=== What you have to do ===
Go to the line containing "and no Option." in the records below and print it and every following line exactly, on through the line containing "let Some(h) = read_header(text)", then stop.

Saved entries:
━━━━━━━━━━━━━━━━━━━━

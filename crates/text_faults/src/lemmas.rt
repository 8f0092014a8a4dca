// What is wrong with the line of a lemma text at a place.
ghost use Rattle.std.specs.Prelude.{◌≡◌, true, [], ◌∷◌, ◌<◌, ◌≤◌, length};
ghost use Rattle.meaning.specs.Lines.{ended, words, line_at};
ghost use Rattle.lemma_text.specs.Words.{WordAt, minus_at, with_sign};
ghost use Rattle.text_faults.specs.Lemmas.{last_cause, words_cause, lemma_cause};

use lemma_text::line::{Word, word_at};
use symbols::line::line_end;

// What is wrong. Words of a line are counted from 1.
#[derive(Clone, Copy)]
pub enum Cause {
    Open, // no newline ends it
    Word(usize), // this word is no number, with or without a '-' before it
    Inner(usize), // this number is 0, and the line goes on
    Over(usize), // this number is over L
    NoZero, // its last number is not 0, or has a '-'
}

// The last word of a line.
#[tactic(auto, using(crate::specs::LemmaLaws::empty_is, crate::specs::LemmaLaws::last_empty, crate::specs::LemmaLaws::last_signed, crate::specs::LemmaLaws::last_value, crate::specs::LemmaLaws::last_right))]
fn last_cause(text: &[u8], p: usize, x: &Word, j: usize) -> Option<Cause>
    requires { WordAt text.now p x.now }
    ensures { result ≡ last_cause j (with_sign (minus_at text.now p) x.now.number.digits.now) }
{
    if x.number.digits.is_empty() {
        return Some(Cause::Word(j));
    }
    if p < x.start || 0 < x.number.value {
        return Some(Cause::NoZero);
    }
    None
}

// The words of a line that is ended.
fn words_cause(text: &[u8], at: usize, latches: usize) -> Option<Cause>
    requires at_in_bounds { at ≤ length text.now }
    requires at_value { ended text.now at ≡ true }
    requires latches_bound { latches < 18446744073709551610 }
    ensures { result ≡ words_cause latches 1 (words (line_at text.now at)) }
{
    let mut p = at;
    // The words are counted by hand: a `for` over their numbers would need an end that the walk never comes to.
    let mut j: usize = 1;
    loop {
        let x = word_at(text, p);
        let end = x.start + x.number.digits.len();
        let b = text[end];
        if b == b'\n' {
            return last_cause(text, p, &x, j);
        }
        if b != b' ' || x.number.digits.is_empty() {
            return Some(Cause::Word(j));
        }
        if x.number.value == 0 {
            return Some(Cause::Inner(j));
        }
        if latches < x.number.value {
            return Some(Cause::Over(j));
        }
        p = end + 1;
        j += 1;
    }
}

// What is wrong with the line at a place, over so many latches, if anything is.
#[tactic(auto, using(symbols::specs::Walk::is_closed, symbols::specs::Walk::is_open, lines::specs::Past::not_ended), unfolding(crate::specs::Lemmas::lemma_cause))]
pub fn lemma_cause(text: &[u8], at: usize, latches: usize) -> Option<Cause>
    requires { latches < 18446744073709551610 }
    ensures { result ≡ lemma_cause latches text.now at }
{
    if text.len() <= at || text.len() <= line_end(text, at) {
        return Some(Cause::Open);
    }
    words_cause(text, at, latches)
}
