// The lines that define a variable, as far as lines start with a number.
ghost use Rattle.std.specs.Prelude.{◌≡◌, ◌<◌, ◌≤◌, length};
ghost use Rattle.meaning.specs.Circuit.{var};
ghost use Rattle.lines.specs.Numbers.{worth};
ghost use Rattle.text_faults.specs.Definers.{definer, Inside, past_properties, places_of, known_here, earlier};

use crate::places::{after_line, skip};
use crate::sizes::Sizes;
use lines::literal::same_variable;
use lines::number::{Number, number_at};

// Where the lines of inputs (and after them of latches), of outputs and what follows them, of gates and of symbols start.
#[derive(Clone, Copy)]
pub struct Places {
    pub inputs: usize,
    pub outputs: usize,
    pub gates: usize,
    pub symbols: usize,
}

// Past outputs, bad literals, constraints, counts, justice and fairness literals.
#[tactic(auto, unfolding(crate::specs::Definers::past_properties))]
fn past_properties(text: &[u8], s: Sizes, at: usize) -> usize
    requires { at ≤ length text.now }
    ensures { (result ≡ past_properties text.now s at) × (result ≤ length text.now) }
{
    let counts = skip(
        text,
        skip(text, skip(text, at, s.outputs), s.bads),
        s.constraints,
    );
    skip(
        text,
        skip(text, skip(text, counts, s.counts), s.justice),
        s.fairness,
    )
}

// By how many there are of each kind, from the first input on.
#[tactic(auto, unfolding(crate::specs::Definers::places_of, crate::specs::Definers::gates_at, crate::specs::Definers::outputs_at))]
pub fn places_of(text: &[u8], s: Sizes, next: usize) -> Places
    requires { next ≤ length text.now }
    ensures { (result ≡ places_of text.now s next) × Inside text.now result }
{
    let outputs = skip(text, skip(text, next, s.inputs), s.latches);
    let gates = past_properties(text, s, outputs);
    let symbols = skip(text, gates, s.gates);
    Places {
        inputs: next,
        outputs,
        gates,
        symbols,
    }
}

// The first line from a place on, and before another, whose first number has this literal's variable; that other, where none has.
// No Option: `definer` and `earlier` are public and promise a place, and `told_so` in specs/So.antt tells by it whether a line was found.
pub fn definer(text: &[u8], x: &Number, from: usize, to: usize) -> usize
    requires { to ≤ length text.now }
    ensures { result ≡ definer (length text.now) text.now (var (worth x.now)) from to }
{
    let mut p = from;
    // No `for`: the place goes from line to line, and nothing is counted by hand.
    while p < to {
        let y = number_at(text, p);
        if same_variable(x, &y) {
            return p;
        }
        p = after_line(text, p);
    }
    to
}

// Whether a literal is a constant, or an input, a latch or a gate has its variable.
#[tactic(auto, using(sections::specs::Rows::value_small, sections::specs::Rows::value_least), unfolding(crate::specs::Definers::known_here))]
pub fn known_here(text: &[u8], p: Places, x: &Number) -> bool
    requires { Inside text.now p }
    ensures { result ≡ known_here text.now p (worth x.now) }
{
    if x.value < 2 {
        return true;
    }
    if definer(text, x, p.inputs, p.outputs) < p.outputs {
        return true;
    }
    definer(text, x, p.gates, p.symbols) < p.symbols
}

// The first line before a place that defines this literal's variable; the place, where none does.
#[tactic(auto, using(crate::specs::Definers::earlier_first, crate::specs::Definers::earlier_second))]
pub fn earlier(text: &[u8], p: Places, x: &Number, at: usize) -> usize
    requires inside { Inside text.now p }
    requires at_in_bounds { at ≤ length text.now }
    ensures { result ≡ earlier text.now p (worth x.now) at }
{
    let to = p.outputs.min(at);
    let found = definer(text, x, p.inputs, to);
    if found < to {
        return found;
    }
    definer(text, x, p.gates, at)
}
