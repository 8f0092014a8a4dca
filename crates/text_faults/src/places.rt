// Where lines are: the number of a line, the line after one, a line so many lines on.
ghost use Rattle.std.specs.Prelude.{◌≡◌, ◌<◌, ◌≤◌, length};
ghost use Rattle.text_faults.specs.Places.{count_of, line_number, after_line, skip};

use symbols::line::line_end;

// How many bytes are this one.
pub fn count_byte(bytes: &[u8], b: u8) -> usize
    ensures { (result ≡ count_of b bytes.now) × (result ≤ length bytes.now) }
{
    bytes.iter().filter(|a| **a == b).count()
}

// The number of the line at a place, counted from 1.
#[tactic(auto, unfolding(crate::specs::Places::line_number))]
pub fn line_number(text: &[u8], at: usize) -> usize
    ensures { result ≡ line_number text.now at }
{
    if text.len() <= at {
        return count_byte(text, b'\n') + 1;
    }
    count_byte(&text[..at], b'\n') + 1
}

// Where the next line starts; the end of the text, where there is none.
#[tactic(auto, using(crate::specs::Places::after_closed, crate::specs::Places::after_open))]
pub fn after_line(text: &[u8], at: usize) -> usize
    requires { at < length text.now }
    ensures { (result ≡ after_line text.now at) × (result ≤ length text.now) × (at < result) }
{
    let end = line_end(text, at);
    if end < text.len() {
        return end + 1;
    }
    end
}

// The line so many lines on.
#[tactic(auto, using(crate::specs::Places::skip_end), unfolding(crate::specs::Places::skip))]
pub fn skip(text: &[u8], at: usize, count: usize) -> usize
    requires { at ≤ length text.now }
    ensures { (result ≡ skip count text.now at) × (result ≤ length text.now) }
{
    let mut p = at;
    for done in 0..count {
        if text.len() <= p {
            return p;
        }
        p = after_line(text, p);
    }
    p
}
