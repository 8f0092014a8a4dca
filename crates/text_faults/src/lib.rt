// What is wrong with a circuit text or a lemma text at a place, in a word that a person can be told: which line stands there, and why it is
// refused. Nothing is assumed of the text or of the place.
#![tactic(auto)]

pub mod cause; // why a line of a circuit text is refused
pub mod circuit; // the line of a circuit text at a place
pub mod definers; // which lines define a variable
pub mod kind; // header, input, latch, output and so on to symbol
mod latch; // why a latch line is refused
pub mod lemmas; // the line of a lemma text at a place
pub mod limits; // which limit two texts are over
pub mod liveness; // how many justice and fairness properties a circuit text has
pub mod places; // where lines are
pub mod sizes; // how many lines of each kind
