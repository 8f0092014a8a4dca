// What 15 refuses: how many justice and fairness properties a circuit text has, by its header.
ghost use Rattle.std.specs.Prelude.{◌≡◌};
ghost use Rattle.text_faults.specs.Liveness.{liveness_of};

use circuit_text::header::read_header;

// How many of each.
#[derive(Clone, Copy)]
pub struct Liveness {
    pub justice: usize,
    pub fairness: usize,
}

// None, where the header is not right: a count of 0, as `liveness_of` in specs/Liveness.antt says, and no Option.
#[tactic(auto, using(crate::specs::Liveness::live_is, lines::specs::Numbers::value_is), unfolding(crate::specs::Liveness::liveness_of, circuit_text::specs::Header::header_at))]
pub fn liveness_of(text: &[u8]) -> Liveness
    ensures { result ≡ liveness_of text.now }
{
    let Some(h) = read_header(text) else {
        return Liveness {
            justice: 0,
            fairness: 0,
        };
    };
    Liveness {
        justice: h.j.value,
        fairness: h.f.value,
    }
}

━━━━━━━━━━━━━━━━━━━━

=== Result of this exercise ===
// None, where the header is not right: a count of 0, as `liveness_of` in specs/Liveness.antt says, and no Option.
#[tactic(auto, using(crate::specs::Liveness::live_is, lines::specs::Numbers::value_is), unfolding(crate::specs::Liveness::liveness_of, circuit_text::specs::Header::header_at))]
pub fn liveness_of(text: &[u8]) -> Liveness
    ensures { result ≡ liveness_of text.now }
{
    let Some(h) = read_header(text) else {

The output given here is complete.